_Exercise objective_: Every record, from the first line to the last, needs to be given again exactly.

---

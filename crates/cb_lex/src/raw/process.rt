//! Processes as they are written. Parentheses leave no trace but for the list that they make of a chain.

use crate::raw::event::{RawCall, RawEvent};
use crate::raw::term::RawFormula;
use crate::token::Place;
use sqlite_items::Items;
use std::marker::Model;

/// Processes in order, which contracts see as a list.
pub type RawProcesses = Items<RawProcess>;

/// A process, which contracts see as a plain tree.
#[cycle(raw_process)]
#[derive(Drop)]
pub struct RawProcess {
    pub node: RawProcessNode,
}

/// A process by its outermost part, with the place of its first token where that is a keyword.
#[cycle(raw_process)]
#[derive(Drop)]
pub enum RawProcessNode {
    /// `STOP`
    Stop(Place),
    /// `SKIP`
    Skip(Place),
    Call(RawCall),
    /// `IF condition THEN .. ELSE .. END`
    If {
        place: Place,
        condition: RawFormula,
        then: Box<RawProcess>,
        otherwise: Box<RawProcess>,
    },
    /// `event -> process`
    Prefix {
        event: RawEvent,
        process: Box<RawProcess>,
    },
    /// The operands of a chain of `[]`, two or more.
    External(RawProcesses),
    /// The operands of a chain of `|~|`, two or more.
    Internal(RawProcesses),
}

impl Model for RawProcess {
    ghost use Rattle.cb_lex.specs.RawProcessTree.{RawProcessTree};
    ghost use Rattle.cb_lex.specs.RawProcessCodes.{coded_process};

    ghost Value = { RawProcessTree };

    ghost coded = { coded_process };

    ghost use Rattle.cb_lex.specs.RawProcessTree.{process_nodes};
    ghost use Rattle.cb_lex.specs.RawProcessView.{process_of};

    ghost view = { λ p. process_of p.node };

    ghost size = { process_nodes };

    ghost use Rattle.cb_lex.specs.RawProcessFalls.{process_falls};

    ghost size_decreases = { λ a h. process_falls a.node };
}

---

_Worked solution_:
filename crates/cb_lex/src/raw/process.rt
//! Processes as they are written. Parentheses leave no trace but for the list that they make of a chain.

use crate::raw::event::{RawCall, RawEvent};
use crate::raw::term::RawFormula;
use crate::token::Place;
use sqlite_items::Items;
use std::marker::Model;

/// Processes in order, which contracts see as a list.
pub type RawProcesses = Items<RawProcess>;

/// A process, which contracts see as a plain tree.
#[cycle(raw_process)]
#[derive(Drop)]
pub struct RawProcess {
    pub node: RawProcessNode,
}

/// A process by its outermost part, with the place of its first token where that is a keyword.
#[cycle(raw_process)]
#[derive(Drop)]
pub enum RawProcessNode {
    /// `STOP`
    Stop(Place),
    /// `SKIP`
    Skip(Place),
    Call(RawCall),
    /// `IF condition THEN .. ELSE .. END`
    If {
        place: Place,
        condition: RawFormula,
        then: Box<RawProcess>,
        otherwise: Box<RawProcess>,
    },
    /// `event -> process`
    Prefix {
        event: RawEvent,
        process: Box<RawProcess>,
    },
    /// The operands of a chain of `[]`, two or more.
    External(RawProcesses),
    /// The operands of a chain of `|~|`, two or more.
    Internal(RawProcesses),
}

impl Model for RawProcess {
    ghost use Rattle.cb_lex.specs.RawProcessTree.{RawProcessTree};
    ghost use Rattle.cb_lex.specs.RawProcessCodes.{coded_process};

    ghost Value = { RawProcessTree };

    ghost coded = { coded_process };

    ghost use Rattle.cb_lex.specs.RawProcessTree.{process_nodes};
    ghost use Rattle.cb_lex.specs.RawProcessView.{process_of};

    ghost view = { λ p. process_of p.node };

    ghost size = { process_nodes };

    ghost use Rattle.cb_lex.specs.RawProcessFalls.{process_falls};

    ghost size_decreases = { λ a h. process_falls a.node };
}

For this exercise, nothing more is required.